The preface is to say: I get it. I do it. I love it. And, I'll probably stay
in this hobby forever. Having kids has a way to help with that.

Having said that, I also understand, in no uncertain terms, just how dangerous
this stuff can be. I have seen many nasty accidents first hand. A small
propeller spinning at 5K or 10K RPM can shred a hand or a face in horrific
ways.

The idea of toy drones flying around town is a scary one. The FAA is right in
wanting to exercise restraint and gradually walk into a sensible set of rules.
The have been working very closely with the RC flight community in order to
understand the needs and voice their concern as well:

<http://www.modelaircraft.org/aboutama/gov.aspx>

I love the idea of small inexpensive drones coming online to help firefighting
efforts, disaster aid and such needs. Still, it has to be done right and it
has to be done with safety in mind.

Small inexpensive model aircraft, even when they cost thousands of dollars,
are not designed to the same strict engineering standards of full-scale
aircraft in general aviation. Most of these devices suffer from catastrophic
single-point failures in their designs. None of them are put through strict
process control during manufacturing to ensure that such mundane things as
cracked or "cold" solder joints don't creep into a batch. None of them are
made with conformal or environmental coatings applied to circuitry. Not one of
them uses rugged, vibration and environmentally-tested hardware, boards,
wiring, connectors and batteries.

As an example of this, a prominent motor controller manufacturer recently
produced designs that started to violently catch on fire and even blow-up
under varied conditions. They have been reported to catch fire by simply
plugging in a battery or in the middle of a flight. In a lot of cases people
have lost helicopters costing thousands of dollars to this particular problem.
However, in most cases, because the activity took place within the confines of
AMA model aircraft flying fields not one person seems to have been hurt and no
property (other than the model and electronics) was damaged.

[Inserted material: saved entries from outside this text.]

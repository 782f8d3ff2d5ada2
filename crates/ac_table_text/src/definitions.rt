// Modules and imports, written on the sheet.

use crate::sheet::Sheet;
use crate::terms::write_term;
use crate::types::write_type;
use ac_terms::{Field, Import, Module};
use ac_types::{Atom, Constraint, Range, Resolve, Sig, SigType, TyField, Version};

fn typed(sheet: &mut Sheet, form: &[u8], item: &TyField) {
    sheet.open(form);
    sheet.word(&item.name);
    write_type(sheet, &item.ty);
    sheet.close();
}

fn all_typed(sheet: &mut Sheet, form: &[u8], items: &[TyField]) {
    for item in items {
        typed(sheet, form, item);
    }
}

fn sig_type(sheet: &mut Sheet, item: &SigType) {
    sheet.open(b"type");
    sheet.word(&item.name);
    if let Some(ty) = &item.manifest {
        write_type(sheet, ty);
    }
    sheet.close();
}

fn signature(sheet: &mut Sheet, sig: &Sig) {
    sheet.open(b"sig");
    for item in sig.types.as_slice() {
        sig_type(sheet, item);
    }
    all_typed(sheet, b"val", sig.vals.as_slice());
    sheet.close();
}

fn field(sheet: &mut Sheet, field: &Field) {
    sheet.open(b"val");
    sheet.word(&field.name);
    write_type(sheet, &field.ty);
    write_term(sheet, &field.term);
    sheet.close();
}

fn version(sheet: &mut Sheet, version: &Version) {
    sheet.open(b"version");
    for atom in version.atoms.as_slice() {
        match atom {
            Atom::Number(number) => sheet.number(i64::from(*number)),
            Atom::MyName => sheet.leaf(b"myname"),
        }
    }
    sheet.close();
}

fn range(sheet: &mut Sheet, range: Range) {
    match range {
        Range::One(number) => sheet.number(i64::from(number)),
        Range::Between(least, most) => {
            sheet.number(i64::from(least));
            sheet.leaf(b"to");
            sheet.number(i64::from(most));
        }
        Range::UpTo(most) => {
            sheet.leaf(b"to");
            sheet.number(i64::from(most));
        }
        Range::From(least) => {
            sheet.number(i64::from(least));
            sheet.leaf(b"on");
        }
    }
}

fn ranges(sheet: &mut Sheet, ranges: &[Range], star: bool) {
    sheet.open(b"version");
    for part in ranges {
        range(sheet, *part);
    }
    if star {
        sheet.leaf(b"*");
    }
    sheet.close();
}

fn constraint(sheet: &mut Sheet, constraint: &Constraint) {
    match constraint {
        Constraint::Ranges { atoms, star } => ranges(sheet, atoms.as_slice(), *star),
        Constraint::Exact(name) => {
            sheet.open(b"name");
            sheet.name(name);
            sheet.close();
        }
    }
}

fn places(sheet: &mut Sheet, places: &[Resolve]) {
    sheet.open(b"by");
    for place in places {
        match place {
            Resolve::StaticLink => sheet.leaf(b"Static_Link"),
            Resolve::HereAlready => sheet.leaf(b"Here_Already"),
            Resolve::Uri(uri) => sheet.string(uri),
        }
    }
    sheet.close();
}

/// Adds a module.
pub fn write_module(sheet: &mut Sheet, module: &Module) {
    sheet.open(b"module");
    sheet.word(&module.name);
    version(sheet, &module.version);
    signature(sheet, &module.sig);
    all_typed(sheet, b"type", module.types.as_slice());
    for item in module.fields.as_slice() {
        field(sheet, item);
    }
    sheet.close();
}

/// Adds an import.
pub fn write_import(sheet: &mut Sheet, import: &Import) {
    sheet.open(b"import");
    sheet.word(&import.name);
    signature(sheet, &import.sig);
    constraint(sheet, &import.constraint);
    all_typed(sheet, b"like", import.like.as_slice());
    places(sheet, import.by.as_slice());
    sheet.close();
}
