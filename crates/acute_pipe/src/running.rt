// A sender that is started, and a receiver that is run, as a request says.
ghost use Rattle.std.specs.Prelude.{◌≡◌, ◌≤◌, ◌&&◌, false, List};
ghost use Rattle.ac_types.specs.ReadTypes.{typ_of};
ghost use Rattle.ac_types.specs.Types.{Bytes};
ghost use Rattle.ac_terms.specs.Read.{environment_of, expr_of};
ghost use Rattle.ac_meaning.specs.Loads.{IsLoaded};
ghost use Rattle.ac_load_rules.specs.Accepting.{Shelved};
ghost use Rattle.ac_load.specs.Loading.{Loads};
ghost use Rattle.ac_outside.specs.Outside.{Rose};
ghost use Rattle.ac_pipe.specs.PipeEnds.{HasNotRun, IfRan};
ghost use Rattle.acute_pipe.specs.Receivers.{HasReceivedBy};
ghost use Rattle.acute_pipe.specs.Senders.{words_for};
ghost use Rattle.acute_pipe.specs.Spawnings.{PipesSo, spawning};

use crate::words::started_words;
use ac_outside::Sink;
use ac_pipe::{PipeEnd, pipe};
use ac_rules::Loaded;
use ac_run::RunEnd;
use ac_spawn::Spawner;
use acute_words::Pipe;
use std::alloc::Global;

/// Starts the tool of a pipe as its sender, and runs the receiver, which is loaded, on what that
/// sends.
pub fn run_pipe<P: Spawner, O: Sink>(
    alloc: Global,
    asked: Pipe,
    receiver: Loaded,
    spawner: &mut P,
    console: &mut O,
) -> PipeEnd
    requires idle { (P.child spawner.old).running ≡ false }
    requires loaded { IsLoaded (environment_of receiver.env) (expr_of receiver.main)
        (typ_of receiver.ty) }
    ensures idle { (P.child spawner.new).running ≡ false }
    // What was started and taken, what the console has, and what failed, by how it ended.
    ensures child { PipesSo (spawning P.Spawner spawner.old spawner.new) (words_for asked.entry)
        result }
    ensures unprinted { HasNotRun result → console.new ≡ console.old }
    ensures ran { (text : Bytes) (shelf : List Shelved) → Loads text shelf
        (environment_of receiver.env) (expr_of receiver.main)
        (typ_of receiver.ty) → IfRan result (λ end rest_failed sender.
        HasReceivedBy (P.told && O.told) (P.child spawner.old).left text shelf asked.entry.steps end
        (O.written console.old) (O.written console.new)) }
    ensures cause_write { IfRan result (λ end rest_failed sender. end ≡ RunEnd.WriteFault →
        Rose (O.faults console.old) (O.faults console.new)) }
    ensures later { O.faults console.old ≤ O.faults console.new }
{
    match started_words(alloc, asked) {
        Ok(words) => pipe(
            alloc,
            words.as_slice(),
            receiver,
            asked.steps,
            spawner,
            console,
        ),
        Err(_) => PipeEnd::Memory,
    }
}
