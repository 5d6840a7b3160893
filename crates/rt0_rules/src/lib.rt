//! Membership in the roles of RT0 (Li, Winsborough and Mitchell 2003): its rules, and the plain program that follows them.
//!
//! `specs/Membership.antt` is what all answers of this service are measured by: `IsMember`, the least relation that the four
//! rules derive. `members_plain` answers exactly the members, in order; `membership_is_exact` says that their list is one,
//! whatever the order of the credentials and their repeats. `work_plain` counts the letters that a search for them sends
//! (`specs/Work.antt`), and `work_is_exact` says that this is one number. Both are for tests: they take rounds over all
//! credentials.
//! Why so: docs/DECISIONS.md#rt0_rules.
#![tactic(auto)]

mod asks;
mod facts;
mod laws;
mod members;
mod work;

pub use laws::{membership_is_exact, work_is_exact};
pub use members::members_plain;
pub use work::work_plain;
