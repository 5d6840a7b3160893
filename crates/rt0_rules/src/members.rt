ghost use Rattle.std.specs.Prelude.{ℕ, List, ◌≡◌, ◌++◌, IfOk, OnOk};
ghost use Rattle.std.specs.List.{flat_map};
ghost use Rattle.std.specs.List.Sorted.{IsStrictlySortedBy};
ghost use Rattle.std.specs.BTreeSet.{contains};
ghost use Rattle.names.specs.Name.{name_order};
ghost use Rattle.rt0_rules.specs.Membership.{AreMembers};
ghost use Rattle.rt0_rules.specs.Facts.{knows, entities_in_part, entities_in, all_entities, IsClosed, IsSound};

use crate::facts::{Fact, next_fact};
use credential_text::{Credential, Expr, Part};
use names::{Entity, Role};
use std::alloc::{AllocError, Global};
use std::collections::BTreeSet;

/// Appends the entities that stand in the parts.
fn push_part_entities(parts: &[Part], entities: &mut Vec<Entity>) -> Result<(), AllocError>
    ensures { OnOk result (entities.new.items ≡ entities.old.items ++ flat_map entities_in_part parts.now) }
{
    for part in parts {
        if let Part::Ent(entity) = part {
            entities.push(*entity)?;
        }
    }
    Ok(())
}

/// Appends the entities that stand in the expression.
fn push_entities(expr: &Expr, entities: &mut Vec<Entity>) -> Result<(), AllocError>
    ensures { OnOk result (entities.new.items ≡ entities.old.items ++ entities_in expr.now) }
{
    match expr {
        Expr::Ent(entity) => entities.push(*entity)?,
        Expr::Rol(_role) => {}
        Expr::Link(_base, _name) => {}
        Expr::Meet(parts) => push_part_entities(parts.as_slice(), entities)?,
    }
    Ok(())
}

/// The entities that stand in the bodies of the credentials; nobody else is a member of a role.
pub fn all_entities(alloc: Global, credentials: &[Credential]) -> Result<Vec<Entity>, AllocError>
    ensures { IfOk result (λ entities. entities.items ≡ all_entities credentials.now) }
{
    let mut entities = Vec::new(alloc);
    for credential in credentials {
        push_entities(&credential.body, &mut entities)?;
    }
    Ok(entities)
}

/// All memberships over these credentials, each once, in the order in which the rounds find them.
pub fn all_known(alloc: Global, credentials: &[Credential]) -> Result<Vec<Fact>, AllocError>
    ensures sound { IfOk result (λ facts. IsSound credentials.now facts.items) }
    ensures closed { IfOk result (λ facts. IsClosed credentials.now (all_entities credentials.now) facts.items) }
{
    let entities = all_entities(alloc, credentials)?;
    let mut facts = Vec::new(alloc);
    while let Some(fact) = next_fact(credentials, &entities, &facts) {
        facts.push(fact)?;
    }
    Ok(facts)
}

/// The entities that the facts have in the role.
fn members_known(alloc: Global, facts: &[Fact], role: &Role) -> Result<BTreeSet<Entity>, AllocError>
    ensures { IfOk result (λ members. (d : List ℕ) → contains name_order members d ≡ knows facts.now role.now d) }
{
    let mut members = BTreeSet::new(alloc);
    for fact in facts {
        if fact.role == *role {
            members.insert(fact.who)?;
        }
    }
    Ok(members)
}

/// The entities of the set, in order.
fn listed(alloc: Global, set: BTreeSet<Entity>) -> Result<Vec<Entity>, AllocError>
    ensures keys { IfOk result (λ list. list.items ≡ set.keys) }
    ensures in_order { IfOk result (λ list. IsStrictlySortedBy name_order list.items) }
{
    set.into_iter().collect(alloc)
}

/// The members of the role over these credentials, in order, each once: by plain rounds, each of which looks at
/// every credential and every entity.
pub fn members_plain(
    alloc: Global,
    credentials: &[Credential],
    role: &Role,
) -> Result<Vec<Entity>, AllocError>
    ensures { IfOk result (λ members. AreMembers credentials.now role.now members.items) }
{
    let facts = all_known(alloc, credentials)?;
    let members = members_known(alloc, &facts, role)?;
    listed(alloc, members)
}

Did you know that the LiPo (Lithium Polymer) battery packs these models use
can also spontaneously catch fire and explode? YouTube search: "LiPo fire"

It's exciting to think of these little things flying about and doing all kinds
of things for us. The reality, I think, is as far away as building a C3PO that
actually works as it does in the movie. OK, maybe not that far, but nowhere
close to reality. The legal and liability hurdles alone are massive.

Can someone make a quadcopter that can safely and reliably fly around
buildings in a city with an acceptably low probability of failure, redundancy
and solid engineering? Sure. But it isn't going to be anything like these
little toys we are seeing in hundreds upon hundreds of youtube demos.

I believe that, once the FAA has a chance to sort this out there will be
really good opportunities for very high quality, professionally designed
drones. It'll be a few years though. And rightly so.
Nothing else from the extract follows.